Dataset entries:
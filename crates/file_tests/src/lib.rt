// Examples of sale files: what their lines say, where they are refused, and what is printed of them; and a walk over a file from outside its crate.
#![tactic(auto)]

#[cfg(test)]
mod checking;
#[cfg(test)]
mod halting;
#[cfg(test)]
mod making;
#[cfg(test)]
mod tests;
mod walking;

pub use walking::read_through;
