// What is checked of a file: that gathering it and its report take it in the same way, and what is printed.
use crate::making::{begun, file_of};
use fault::Fault;
use file::{FileFault, gather, report_on};
use room::RegisterEntry;
use std::process::Abort;
use std::test::Fail;

pub const NOBODY: RegisterEntry = RegisterEntry {
    bidder: 0,
    key: [0; 16],
};

// What a fault tells: its number and its line.
fn number_and_line(f: FileFault) -> (u8, u32) {
    (f.number(), f.line())
}

// Checks what is printed of a file, and the number and the line that refuse it, if any do.
fn tells(
    rt: &(impl Abort + AllocGlobal),
    file: &[u8],
    printed: &str,
    refusal: Option<(u8, u32)>,
) -> Result<(), Fail> {
    let mut places = [NOBODY; 64];
    assert_eq!(rt;
        gather(file, &mut places).err().map(number_and_line),
        refusal
    );
    let made = report_on(rt.alloc(), file)?;
    assert_eq!(rt; made.refusal.map(number_and_line), refusal);
    assert_eq!(rt; made.bytes.as_slice(), printed.as_bytes());
    Ok(())
}

// Checks that a file is accepted, and what is printed of it.
pub fn is_accepted(
    rt: &(impl Abort + AllocGlobal),
    file: &[u8],
    printed: &str,
) -> Result<(), Fail> {
    tells(rt, file, printed, None)
}

// Checks the number and the line that refuse a file.
pub fn is_refused(
    rt: &(impl Abort + AllocGlobal),
    file: &[u8],
    number: u8,
    line: u32,
) -> Result<(), Fail> {
    let printed = format!(in rt.alloc(); "refusal,line\n{number},{line}\n")?;
    tells(rt, file, &printed, Some((number, line)))
}

// Checks that the file of each row, by its lot, bidders and envelopes, is accepted, and what is printed of it.
pub fn accepts(
    rt: &(impl Abort + AllocGlobal),
    table: &[(&str, &str, &str, &str)],
) -> Result<(), Fail> {
    for (values, bidders, envelopes, printed) in table {
        let file = file_of(rt.alloc(), values, bidders, envelopes)?;
        is_accepted(rt, file.as_bytes(), printed)?;
    }
    Ok(())
}

// Checks the file of each row, by how many lines it begins with and how it goes on, against the number and the line that refuse it.
pub fn refuses(
    rt: &(impl Abort + AllocGlobal),
    table: &[(usize, &str, u8, u32)],
) -> Result<(), Fail> {
    for (lines, rest, number, line) in table {
        let file = begun(rt.alloc(), *lines, rest)?;
        is_refused(rt, file.as_bytes(), *number, *line)?;
    }
    Ok(())
}
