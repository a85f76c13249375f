// A reader that is interrupted before each read, and gives one byte at a time.
use std::io;
use std::io::{ErrorKind, Read};

#[derive(Clone, Copy)]
pub struct Halting<'a> {
    rest: &'a [u8],
    interrupted: bool,
}

impl<'a> Halting<'a> {
    pub fn new(rest: &'a [u8]) -> Halting<'a> {
        Halting {
            rest,
            interrupted: false,
        }
    }
}

impl Read for Halting<'_> {
    fn read(&mut self, buf: &mut [u8]) -> io::Result<usize> {
        self.interrupted = !self.interrupted;
        if self.interrupted {
            return Err(io::Error::from(ErrorKind::Interrupted));
        }
        let n = buf.len().min(1);
        self.rest.read(&mut buf[..n])
    }
}
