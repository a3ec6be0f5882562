// Reads one sounding file from standard input, and writes its report or the line that says why it is refused: echotaps < file
#![tactic(auto)]

ghost use Rattle.std.specs.Prelude.{◌≡◌, IfOk, MatchOption};
ghost use Rattle.std.specs.Process.{exit_status};
ghost use Rattle.layout.specs.Tests.{first_refusal};
ghost use Rattle.files.specs.Files.{input_tests};

use files::report_input;
use filetext::refusal_line;
use programs::status;
use std::io;
use std::io::{Read, Write};
use std::process::ExitCode;

// The input, or as much of it as tells that it is too long.
fn read_input(rt: &HostRuntime) -> io::Result<Vec<u8>> {
    let mut input = Vec::new(rt.alloc());
    rt.stdin().take(8193).read_to_end(&mut input)?;
    Ok(input)
}

// Writes the report of an input, or the line that says why it is refused. The status is 0 exactly if it is accepted,
// and no report lacks room.
fn answer(rt: &HostRuntime, input: &[u8]) -> io::Result<ExitCode>
    ensures { IfOk result (λ code. MatchOption (first_refusal (input_tests input.now 1030)) (exit_status code ≡ 0) (λ _. exit_status code ≡ 1)) }
{
    // the longest report has 256 taps of 4 bytes; the crates of files have no heap, so it goes into an array
    let mut out = [0; 1030];
    match report_input(input, &mut out) {
        Ok(length) => {
            rt.stdout().write_all(&out[..length])?;
            Ok(ExitCode::SUCCESS)
        }
        Err(refusal) => {
            rt.print(refusal_line(rt.alloc(), refusal)?)?;
            Ok(ExitCode::FAILURE)
        }
    }
}

fn run(rt: &HostRuntime) -> io::Result<ExitCode> {
    let input = read_input(rt)?;
    answer(rt, input.as_slice())
}

fn main(rt: HostRuntime) -> ExitCode {
    status(&rt, "echotaps", run(&rt))
}
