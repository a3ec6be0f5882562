// The worked cases, one by one, and their list.
ghost use Rattle.std.specs.Prelude.{◌≡◌, map};
ghost use Rattle.std.specs.List.{AllByRecursion};
ghost use Rattle.soundings.specs.Cases.{Claims};
ghost use Rattle.soundings.specs.Worked.{cases};
ghost use Rattle.soundings.specs.Stated.{stated};

use crate::case::{Case, RoomSounding, Words};
use crate::case_keys::{
    HALL_MINUS_STAGES, HALL_NO_STAGE, HALL_ONE_STAGE, HALL_TWO_STAGES, RADIO_I_STAGES,
    RADIO_NO_STAGE,
};
use calls::Refusal;
use layout::FileRefusal;

const ONE: Words = (1, 0);

const MINUS_ONE: Words = (-1, 0);

const I: Words = (0, 1);

const MINUS_I: Words = (0, -1);

const HALL_KERNEL: Case = Case::Codes {
    key: HALL_NO_STAGE,
    energy: 2,
    a: &[ONE],
    b: &[ONE],
};

const RADIO_KERNEL: Case = Case::Codes {
    key: RADIO_NO_STAGE,
    energy: 2,
    a: &[ONE],
    b: &[ONE],
};

const HALL_STAGE: Case = Case::Codes {
    key: HALL_ONE_STAGE,
    energy: 4,
    a: &[ONE, ONE],
    b: &[ONE, MINUS_ONE],
};

const HALL_STAGES: Case = Case::Codes {
    key: HALL_TWO_STAGES,
    energy: 8,
    a: &[ONE, ONE, ONE, MINUS_ONE],
    b: &[ONE, ONE, MINUS_ONE, ONE],
};

const HALL_TURNED: Case = Case::Codes {
    key: HALL_MINUS_STAGES,
    energy: 8,
    a: &[MINUS_ONE, ONE, MINUS_ONE, MINUS_ONE],
    b: &[MINUS_ONE, ONE, ONE, ONE],
};

const RADIO_TURNED: Case = Case::Codes {
    key: RADIO_I_STAGES,
    energy: 8,
    a: &[I, ONE, I, MINUS_ONE],
    b: &[I, ONE, MINUS_I, ONE],
};

const RADIO_ROOM: Case = Case::Sounding {
    key: RADIO_NO_STAGE,
    sounding: RoomSounding {
        room_length: 1,
        room: &[(2, -5)],
        first: &[(2, -5)],
        second: &[(2, -5)],
        sums: &[(4, -10)],
        taps: &[(2, -5)],
    },
};

// A room with the taps 3 and -1.
const TWO_TAPS: RoomSounding = RoomSounding {
    room_length: 2,
    room: &[(3, 0), (-1, 0)],
    first: &[(3, 0), (2, 0), (-1, 0)],
    second: &[(3, 0), (-4, 0), (1, 0)],
    sums: &[(12, 0), (-4, 0)],
    taps: &[(3, 0), (-1, 0)],
};

const HALL_ROOM: Case = Case::Sounding {
    key: HALL_ONE_STAGE,
    sounding: TWO_TAPS,
};

const HALL_TAP: Case = Case::Sounding {
    key: HALL_ONE_STAGE,
    sounding: RoomSounding {
        room_length: 1,
        room: &[(3, 0), (-1, 0)],
        first: &[(3, 0), (2, 0)],
        second: &[(3, 0), (-4, 0)],
        sums: &[(12, 0)],
        taps: &[(3, 0)],
    },
};

const HALVES: Case = Case::Rounding {
    energy: 4,
    sums: &[6, -6, 10],
    taps: &[2, -2, 3],
};

const HALL_FILE: Case = Case::Reported {
    key: HALL_ONE_STAGE,
    sounding: TWO_TAPS,
    file: &[
        1, 0, 19, 1, 1, 1, 1, 0, 0, 2, 0, 3, 0, 2, 255, 255, 0, 3, 255, 252, 0, 1,
    ],
    report: &[1, 0, 7, 1, 0, 2, 0, 3, 255, 255],
};

const WRONG_VERSION: Case = Case::Refused {
    file: &[2],
    refusal: FileRefusal::Version,
};

const LOUD_SAMPLE: Case = Case::Refused {
    file: &[
        1, 0, 19, 1, 1, 1, 1, 0, 0, 2, 0, 3, 128, 0, 255, 255, 0, 3, 255, 252, 0, 1,
    ],
    refusal: FileRefusal::Sounder {
        refusal: Refusal::Magnitude(1),
        byte: 12,
    },
};

static CASES: [Case; 13] = [
    HALL_KERNEL,
    RADIO_KERNEL,
    HALL_STAGE,
    HALL_STAGES,
    RADIO_ROOM,
    HALL_TURNED,
    RADIO_TURNED,
    HALL_ROOM,
    HALL_FILE,
    HALL_TAP,
    HALVES,
    WRONG_VERSION,
    LOUD_SAMPLE,
];

// All worked cases. What each of them claims is proved.
pub fn cases() -> &'static [Case]
    ensures claims { AllByRecursion Claims cases }
    ensures value { map stated result.now ≡ cases }
{
    &CASES
}
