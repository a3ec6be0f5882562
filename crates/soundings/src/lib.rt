// Worked soundings as one list: what each case claims is proved, and the tests run each case through the library.
#![tactic(auto)]

mod case;
mod case_keys;
#[cfg(test)]
mod checks;
mod list;

pub use case::{Case, CaseKey, RoomSounding, Words};
pub use list::cases;
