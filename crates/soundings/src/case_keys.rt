// The keys of the worked cases, all of kernel 1.
use crate::case::CaseKey;
use keys::KeyStage;
use kinds::KindName;

pub(crate) const HALL_NO_STAGE: CaseKey = CaseKey {
    kind: KindName::Hall,
    kernel: 1,
    stages: &[],
};

pub(crate) const RADIO_NO_STAGE: CaseKey = CaseKey {
    kind: KindName::Radio,
    kernel: 1,
    stages: &[],
};

pub(crate) const HALL_ONE_STAGE: CaseKey = CaseKey {
    kind: KindName::Hall,
    kernel: 1,
    stages: &[KeyStage { delay: 1, code: 0 }],
};

pub(crate) const HALL_TWO_STAGES: CaseKey = CaseKey {
    kind: KindName::Hall,
    kernel: 1,
    stages: &[
        KeyStage { delay: 1, code: 0 },
        KeyStage { delay: 2, code: 0 },
    ],
};

// The weight -1 at the first stage.
pub(crate) const HALL_MINUS_STAGES: CaseKey = CaseKey {
    kind: KindName::Hall,
    kernel: 1,
    stages: &[
        KeyStage { delay: 1, code: 1 },
        KeyStage { delay: 2, code: 0 },
    ],
};

// The weight i at the first stage.
pub(crate) const RADIO_I_STAGES: CaseKey = CaseKey {
    kind: KindName::Radio,
    kernel: 1,
    stages: &[
        KeyStage { delay: 1, code: 1 },
        KeyStage { delay: 2, code: 0 },
    ],
};
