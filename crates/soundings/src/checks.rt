// Each worked case through the library: what comes of it is what the case says.
use crate::case::{Case, CaseKey, RoomSounding, Words};
use crate::list::cases;
use files::report_input;
use keys::Key;
use kinds::hall::Hall;
use kinds::radio::Radio;
use kinds::{Kind, KindName};
use layout::FileRefusal;
use pairs::{Cascade, Kernel, Pair, Stage};
use sounder::Sounder;
use std::process::Abort;
use std::test::Fail;
use sums::Side;

fn cascade_of<K: Kind>(key: CaseKey) -> Result<Cascade<K>, Fail> {
    let mut filled = Key::built_in();
    filled.fill::<K>(key.kernel, key.stages)?;
    Ok(filled.cascade())
}

fn check_code<P: Pair>(rt: &impl Abort, pair: &P, side: Side, code: &[Words]) {
    for (j, words) in code.iter().enumerate() {
        assert_eq!(rt; pair.entry_or_zero(side, j).words(), *words);
    }
}

fn check_codes<K: Kind>(
    rt: &impl Abort,
    key: CaseKey,
    energy: u32,
    a: &[Words],
    b: &[Words],
) -> Result<(), Fail> {
    let pair = cascade_of::<K>(key)?;
    assert_eq!(rt; pair.size(), (a.len(), energy));
    assert_eq!(rt; a.len(), b.len());
    check_code(rt, &pair, Side::A, a);
    check_code(rt, &pair, Side::B, b);
    Ok(())
}

// What a room with these taps answers at time t to the code of a side.
fn room_answer<P: Pair>(pair: &P, side: Side, room: &[Words], t: usize) -> P::Sample {
    let mut answer = P::Sample::zero();
    for (i, (first, second)) in room.iter().enumerate() {
        if i <= t {
            let tap = P::Sample::from_words(*first, *second).unwrap_or(P::Sample::zero());
            answer = answer.sum(pair.entry_or_zero(side, t - i).product(tap));
        }
    }
    answer
}

fn check_record<P: Pair>(rt: &impl Abort, pair: &P, side: Side, room: &[Words], record: &[Words]) {
    for (t, words) in record.iter().enumerate() {
        assert_eq!(rt; room_answer(pair, side, room, t).words(), *words);
    }
}

fn give_record<P: Pair>(rt: &impl Abort, sounder: &mut Sounder<P>, record: &[Words]) {
    for &(first, second) in record {
        assert_eq!(rt; sounder.sample(first, second), Ok(()));
    }
}

// A whole sounding with these two records.
fn sound<P: Pair>(
    rt: &impl Abort,
    sounder: &mut Sounder<P>,
    room_length: usize,
    first: &[Words],
    second: &[Words],
) {
    assert_eq!(rt; sounder.open(room_length), Ok(()));
    give_record(rt, sounder, first);
    assert_eq!(rt; sounder.turn(), Ok(()));
    give_record(rt, sounder, second);
    assert_eq!(rt; sounder.close(), Ok(()));
}

fn check_sums<P: Pair>(rt: &impl Abort, sounder: &Sounder<P>, sums: &[Words]) {
    for (i, words) in sums.iter().enumerate() {
        assert_eq!(rt; sounder.sum(i), Ok(*words));
    }
    assert!(rt; sounder.sum(sums.len()).is_err());
}

fn check_taps<P: Pair>(rt: &impl Abort, sounder: &Sounder<P>, taps: &[Words]) {
    for (i, words) in taps.iter().enumerate() {
        assert_eq!(rt; sounder.tap(i), Ok(*words));
    }
    assert!(rt; sounder.tap(taps.len()).is_err());
}

fn check_sounding<K: Kind>(
    rt: &impl Abort,
    key: CaseKey,
    sounding: RoomSounding,
) -> Result<(), Fail> {
    let RoomSounding {
        room_length,
        room,
        first,
        second,
        sums,
        taps,
    } = sounding;
    let pair = cascade_of::<K>(key)?;
    check_record(rt, &pair, Side::A, room, first);
    check_record(rt, &pair, Side::B, room, second);
    let mut sounder = Sounder::new(pair);
    sound(rt, &mut sounder, room_length, first, second);
    check_sums(rt, &sounder, sums);
    check_taps(rt, &sounder, taps);
    Ok(())
}

// Sum and tap of a first record x, 0 and a silent second one.
fn check_rounded<P: Pair>(rt: &impl Abort, sounder: &mut Sounder<P>, sum: i64, tap: i64) {
    let silence = [(0, 0), (0, 0)];
    sound(rt, sounder, 1, &[(sum, 0), (0, 0)], &silence);
    check_sums(rt, sounder, &[(sum, 0)]);
    check_taps(rt, sounder, &[(tap, 0)]);
}

// Over one stage with the weight 1: a code A of two entries, both 1.
fn check_rounding(rt: &impl Abort, energy: u32, sums: &[i64], taps: &[i64]) {
    let pair = Stage::new(Kernel::<Hall>::unit(), 1, 0);
    assert_eq!(rt; pair.energy(), energy);
    assert_eq!(rt; sums.len(), taps.len());
    let mut sounder = Sounder::new(pair);
    for (sum, tap) in sums.iter().zip(taps) {
        check_rounded(rt, &mut sounder, *sum, *tap);
    }
}

fn check_file(rt: &impl Abort, file: &[u8], answer: Result<&[u8], FileRefusal>) {
    let mut out = [7; 16];
    match answer {
        Ok(report) => {
            assert_eq!(rt; report_input(file, &mut out), Ok(report.len()));
            assert!(rt; out.starts_with(report));
        }
        Err(refusal) => assert_eq!(rt; report_input(file, &mut out), Err(refusal)),
    }
}

fn check_case(rt: &impl Abort, case: Case) -> Result<(), Fail> {
    match case {
        Case::Codes { key, energy, a, b } => match key.kind {
            KindName::Hall => check_codes::<Hall>(rt, key, energy, a, b)?,
            KindName::Radio => check_codes::<Radio>(rt, key, energy, a, b)?,
        },
        Case::Sounding { key, sounding } => match key.kind {
            KindName::Hall => check_sounding::<Hall>(rt, key, sounding)?,
            KindName::Radio => check_sounding::<Radio>(rt, key, sounding)?,
        },
        Case::Rounding { energy, sums, taps } => check_rounding(rt, energy, sums, taps),
        Case::Reported { file, report, .. } => check_file(rt, file, Ok(report)),
        Case::Refused { file, refusal } => check_file(rt, file, Err(refusal)),
    }
    Ok(())
}

#[test]
fn every_case_as_it_says(rt: HostRuntime) -> Result<(), Fail> {
    assert_eq!(rt; cases().len(), 13);
    for case in cases() {
        check_case(&rt, *case)?;
    }
    Ok(())
}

▸ **Directions for this task**: Scan the data for lines containing "self" and copy all of them.

▸ **Solution to this exercise**:
    fn read(&mut self, buf: &mut [u8]) -> io::Result<usize> {
        self.interrupted = !self.interrupted;
        if self.interrupted {
        self.rest.read(&mut buf[..n])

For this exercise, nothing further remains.